Escape Velocity

A curated Collection of Fantasy and Science Fiction Media

In a radioactive dust-covered, post-apocalyptic LA, Rick Deckard is a bounty hunter, charged with ‘retiring’ a series of androids, fake humans who are hiding in plain sight in society and who can only be found by testing them for their lack of innate empathy response. Deckard dreams of using the bounty money to replace his fake electric sheep with a real animal so he can demonstrate his own empathy to his neighbours. But these androids are of a new type - and Deckard must carefully control his own feelings toward these non-humans.

I have a bit of a love/hate relationship with Philip K. Dick, where I really want to like what he writes but I often struggle to just a little actually enjoy reading his work.

Do Androids Dream of Electric Sheep fits that picture very well.

In Do Androids Dream of Electric Sheep, Dick creates an interesting world, with a history, religion, a crumbling society – all with a few throwaway lines. I have praised a sci-fi writers’ ability to do this at length and it was one of the reasons I enjoyed Neuromancer so much.

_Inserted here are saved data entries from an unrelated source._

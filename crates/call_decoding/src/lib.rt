//! Decoding as both ends of a call use it: the numbers of a call by its parameters, picture headers
//! by their styles, and pictures by their samples. Nothing is done at run time.
//!
//! The definitions are in `specs/`: `rules_of`, `Style` with `call_header_of`, and `pictures`, which
//! is the `Pictures` of `call_model` for a format. `laws` has what the laws of a call ask of these.
//! [`Styled`] and [`Pictured`] name the types of values at which those laws are called.
//!
//! ```rust
//! // a function that owes that its parameters are those of a call cites the law in its body
//! call_decoding::laws::are_rules();
//! ```
#![tactic(auto)]

pub mod laws;
mod values;

pub use values::{Pictured, Styled};
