//! What the program cites of a whole call. Each law is the contract of a function that does nothing
//! else.
ghost use Rattle.std.specs.Prelude.{◌≡◌, ℕ, ◌+◌, ◌<◌, ◌≤◌, [], Bool, List, length, slice_get};
ghost use Rattle.std.specs.Prelude.{Some, Ok};
ghost use Rattle.h263_types.specs.declared.blocks.Mb.{Mb};
ghost use Rattle.h263_types.specs.declared.clock.Clock.{Clock};
ghost use Rattle.h263_types.specs.declared.params.Params.{Params};
ghost use Rattle.h263_types.specs.Params.{IsParams};
ghost use Rattle.h263_types.specs.Sizes.{mbs_of};
ghost use Rattle.back_messages.specs.Said.{text_of_said};
ghost use Rattle.back_messages.specs.Text.{IsMessage};
ghost use Rattle.back_messages.specs.declared.message.Message.{Message as BackMessage};
ghost use Rattle.back_messages.specs.declared.writing.Said.{Said};
ghost use Rattle.picture_header.specs.declared.header.Header.{Header};
ghost use Rattle.picture_header.specs.Ranges.{IsHeader};
ghost use Rattle.slice_layer.specs.Around.{around};
ghost use Rattle.slice_layer.specs.Written.{AreWritable};
ghost use Rattle.packet_cutter.specs.Cut.{packet_bytes};
ghost use Rattle.packet_cutter.specs.Packets.{packet_of, packets_of};
ghost use Rattle.packet_cutter.specs.Slices.{cut_of};
ghost use Rattle.packet_collector.specs.Packet.{packet_at};
ghost use Rattle.call_model.specs.Coding.{Message, Slice};
ghost use Rattle.call_model.specs.IdealCall.{AllMayHappen, Event, ideal};
ghost use Rattle.call_model.specs.JoinedRun.{joined, new_receiver};
ghost use Rattle.call_model.specs.Lawful.{IsCoding, IsPace};
ghost use Rattle.call_model.specs.TwoStores.{EndsFollow};
ghost use Rattle.call_decoding.specs.Rules.{rules_of};
ghost use Rattle.call_encoding.specs.Frames.{Frame};
ghost use Rattle.call_encoding.specs.Messages.{marked_message, write_message};
ghost use Rattle.coded_call.specs.Bytes.{AreBytes};
ghost use Rattle.coded_call.specs.Coding.{coding};
ghost use Rattle.coded_call.specs.OfOnePicture.{SentAreOfOne, SentInAnyOrder};
ghost use Rattle.coded_call.specs.Sent.{AreSent};
ghost use Rattle.receiver_end.specs.Answers.{IsSaid};
ghost use Rattle.reference_selector.specs.Messages.{message_of};

use back_messages::MessageFault;
use back_messages::laws::{exact_text, in_a_syntax};
use call_decoding::laws::are_rules;
use call_decoding::{Pictured, Styled};
use call_encoding::Framed;
use call_encoding::laws::{header_in_range, is_encoding, written_packets};
use h263_bits::Fault;
use h263_planes::laws::samples_are_picture;
use h263_types::Mb;
use mode_choice::laws::{chosen_is_in_range, one_for_each_place};
use packet_cutter::laws::packet_of_each;
use receiver_end::laws::{is_decoding, order};

/// A packet is read as its header and its slice, where the slice's macroblocks may be written one
/// after the other and RTP has room for it.
pub fn packet_again()
    ensures { (number sequence : ℕ) (marker : Bool) (h : Header) (first : ℕ) (run : List Mb)
        → IsHeader h → 0 < length run → first + length run ≤ mbs_of h.format
        → AreWritable (around h first) h.quant [] run
        → packet_bytes h first run ≤ 65535
        → packet_at h.format (packet_of number sequence marker h first run)
        ≡ Ok (record { header = h; first = first; mbs = run }) }
{
    packet_cutter::laws::packet_is_text();
    packet_cutter::laws::written_again();
    packet_collector::laws::exact_text();
    rtp_header::laws::exact_text();
    h263_payload::laws::exact_text();
}

/// Slice j of a cut has packet j, and it is read as this slice with the picture's header.
pub fn read_again()
    ensures { (number sequence : ℕ) (h : Header) (limit : ℕ) (mbs : List Mb) (j : ℕ)
        (slice : Slice Mb) → IsHeader h → 1200 ≤ limit → limit ≤ 65535 → AreSent h mbs
        → slice_get (cut_of h limit mbs) j ≡ Some slice
        → (bytes : List ℕ)
        × (slice_get (packets_of number sequence h (cut_of h limit mbs)) j ≡ Some bytes)
        × (packet_at h.format bytes
        ≡ Ok (record { header = h; first = slice.first; mbs = slice.mbs })) }
{
    packet_again();
    packet_cutter::laws::cut_divides();
    packet_cutter::laws::packet_of_each();
    slice_layer::laws::reaches();
}

/// The coding is what the laws of a call ask: each layer's definitions meet its laws, and each
/// packet is read as its slice with its picture's header.
pub fn is_coding()
    ensures { (p : Params) → IsParams p → IsCoding (coding p) (rules_of p) }
{
    is_decoding();
    is_encoding();
    header_in_range();
    written_packets();
    samples_are_picture();
    chosen_is_in_range();
    one_for_each_place();
    packet_of_each();
    read_again();
}

/// Where each event is near, the two ends do what the ideal call says: each reference,
/// reconstruction, message and known number is the ideal call's, and each play shows its picture
/// with its mark.
pub fn two_stores()
    ensures { (p : Params) (pace : List ℕ → ℕ) (frames : List Frame) (past : List Event)
        → IsParams p → IsPace pace → AllMayHappen (coding p) (rules_of p) pace frames past
        → EndsFollow (coding p) (rules_of p) (ideal (coding p) (rules_of p) pace frames past)
        (joined (coding p) (rules_of p) (new_receiver (coding p) (rules_of p)) pace frames past) }
{
    is_coding();
    are_rules();
    call_model::laws::two_stores::<Framed, Styled, Mb, Pictured, Fault, MessageFault>();
}

/// In a near call the packets of a picture that was sent are of one, as `order` of `receiver_end`
/// asks, in whatever order and number they come while it is open and its reference complete.
pub fn packets_are_of_one()
    ensures { (p : Params) → IsParams p → SentAreOfOne (coding p) (rules_of p) }
{
    is_coding();
    are_rules();
    call_model::laws::nearest();
    call_model::laws::encoder_is_sound::<Framed, Styled, Mb, Pictured, Fault, MessageFault>();
    call_model::laws::two_stores::<Framed, Styled, Mb, Pictured, Fault, MessageFault>();
}

/// The packets of an open picture may come in any order, and more than once: two lists of what
/// arrives until its play, which differ in nothing else and have the same packets of it, show the
/// same pictures with the same marks.
pub fn any_order()
    ensures { (p : Params) → IsParams p → SentInAnyOrder (coding p) (rules_of p) }
{
    is_coding();
    are_rules();
    packets_are_of_one();
    order();
    call_model::laws::nearest();
    call_model::laws::encoder_is_sound::<Framed, Styled, Mb, Pictured, Fault, MessageFault>();
    call_model::laws::each_end_runs::<Framed, Styled, Mb, Pictured, Fault, MessageFault>();
    call_model::laws::receiver_stands::<Styled, Mb, Pictured, Fault>();
    call_model::laws::two_stores::<Framed, Styled, Mb, Pictured, Fault, MessageFault>();
}

/// The bytes that a receiver says of a message are those that are written of it (`written`). A
/// message of the program, as a call has it, is that message again (`marked_again`).
pub fn said_bytes()
    ensures written { (clock : Clock) (said : Said) (message : Message) → AreBytes (text_of_said said)
        → IsSaid clock said message → text_of_said said ≡ write_message message }
    ensures marked_again { (clock : Clock) (m : BackMessage)
        → IsMessage clock m → marked_message (message_of m) ≡ m }
{
    exact_text();
    in_a_syntax();
}
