//! The coding of a call's pictures, packets and messages as one record, and the law of a call's two
//! ends for it. Nothing is done at run time.
//!
//! `coding` in `specs/` is the `Coding` of `call_model`: what a receiver decodes by and what a
//! sender encodes by. `Sent` in `specs/` says which macroblocks can be sent, and the law
//! `read_again` that their packets are read as their slices with the picture's header. A function
//! whose contract speaks of both ends calls the law in its body.
//!
//! ```rust
//! coded_call::laws::two_stores();
//! ```
#![tactic(auto)]

pub mod laws;
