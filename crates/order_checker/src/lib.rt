// The order check: whether a book has a regular order, cause 8 of document 01, and the levels of its names.
#![tactic(auto)]

ghost use Rattle.std.specs.Prelude.{true, ◌∷◌, ◌≡◌, ◌≤◌, length};
ghost use Rattle.order.specs.Closure.{no_order};
ghost use Rattle.name_sets.specs.Mask.{Holds};
ghost use Rattle.base.specs.Result.{map_result};
ghost use Rattle.base.specs.Result.Result.{ok};
ghost use Rattle.book_format.specs.Format.{named};
ghost use Rattle.book_format.specs.Format.{read as read_of};
ghost use Rattle.book_causes.specs.Ordered.{ordered};
ghost use Rattle.book_decoder.specs.Verdict.{header_of, says};
ghost use Rattle.order_checker.specs.Gather.{Added, Ordered, GatheredOrder};

mod masks;

use book_cursor::Cursor;
use book_decoder::Header;
use masks::{absorb, reached};
use name_sets::has;
use order_levels::{Levels, levels_of};
use refusals::{BookRefusal, Check};
use rule_shapes::{Shape, shape_of};

// What the order check finds of a book that passes causes 1 to 8: its header, the level of each name and the highest of them. The levels of names
// that the book does not have are 0.
#[derive(Drop)]
pub struct Ordering {
    pub header: Header,
    pub levels: [u8; 64],
    pub depth: usize,
}

// Checks the order of a book: causes 1 to 8.
pub fn order(book: &[u8]) -> Result<Ordering, BookRefusal>
    ensures { Ordered book.now result }
{
    let header = book_reader::read(book)?;
    let mut masks = [0u64; 64];
    let masks = &mut masks[..header.names];
    gather(book, header, masks)?;
    let Levels { levels, depth } = levels_of(masks);
    Ok(Ordering {
        header,
        levels,
        depth,
    })
}

// Gathers the order that the rules force on the names: mask x holds the names lower than x, with a mask for each name of the book. Refused at the
// first rule that would put its right name below itself.
fn gather(book: &[u8], header: Header, masks: &mut [u64]) -> Result<Header, BookRefusal>
    requires book_value { map_result header_of (read_of book.now) ≡ ok header }
    requires masks_len { length masks.old ≡ header.names }
    requires holds { Holds masks.old no_order }
    ensures result_value { says result ≡ map_result header_of (ordered book.now) }
    ensures gathered_order { GatheredOrder book.now (says result) masks.new }
{
    let mut cursor = Cursor::first();
    for number in 0..header.rules {
        let Some((entry, next)) = cursor.step(book) else {
            return Ok(header); // not reached: the book is well-formed
        };
        let left = &book[entry.start..entry.start + entry.size];
        let Check::Passed = add_rule(left, entry.right, masks) else {
            return Err(BookRefusal::NoOrder(number));
        };
        cursor = next;
    }
    Ok(header)
}

// Adds what a rule forces: passed where the order goes on, failed where the rule would put its right name below itself.
fn add_rule(left: &[u8], right: u8, masks: &mut [u64]) -> Check
    requires left_value { named (length masks.old) (right ∷ left.now) ≡ true }
    requires masks_len_bound { length masks.old ≤ 64 }
    ensures { Added (record { left = left.entry.now; right = right }) masks.old result masks.new }
{
    let Shape::Row(row) = shape_of(left, right) else {
        return Check::Passed;
    };
    let inner = &left[row.start..row.start + row.size];
    let lower = reached(inner, masks);
    let over = role_bytes::name(right) as usize;
    if has(lower, over) {
        return Check::Failed;
    }
    let below = masks[over];
    if lower | below == below {
        return Check::Passed; // nothing new: what is below the right name is below all names above it
    }
    absorb(masks, over, lower);
    Check::Passed
}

Moreover, Do Androids Dream of Electric Sheep has a surprising amount of depth. It revolves around the real versus the fake, around human empathy, and around the distance created between people by artificial distinctions.

A good example of this depth is the fact that all humans are supposed to demonstrate their empathy by caring for an animal. But since these are so expensive, some have a ‘fake’ electric animal instead (a source of great shame, and thus kept secret). Nevertheless, the humans love these electric animals with all their heart as their society and religion requires of them. But when it comes to ‘fake’ humans – the androids – humans are supposed not to have a shred of feeling for them. It is this paradox that the protagonist Deckard is struggling with.

And that is a great theme! Do Androids Dream of Electric Sheep just feels a little like Dick went into it without too much of a plan. As a result, there are poignant moments, but not a particularly strong overarching structure. There are great ideas and little vignettes, but some of these are discarded after use in a single paragraph.

Most importantly, however, is Dick’s prose, which is best described as very blunt. I don’t need flowery prose to enjoy a story, but in Do Androids Dream of Electric Sheep, I found Dick’s presentation rather jarring at times.

In a book that revolves around empathy, Dick leaves basically all of the feelings to the reader. That has advantages – the reader is free to project their own thoughts and feelings onto Deckard and his wife and to judge their relationship by those standards.

That also means, however, that Dick has written a novel without much of an actual message, since the reader can basically make of it what they wish. The rather disjointed ending adds to this feeling.

So. I like Do Androids Dream of Electric Sheep. It is full of interesting ideas and has great theme. But I don’t think Dick knocked it out of the park with these ingredients. It makes me wonder what we could have gotten if some other, more empathetic writer had taken Dick’s outline and built a story with it.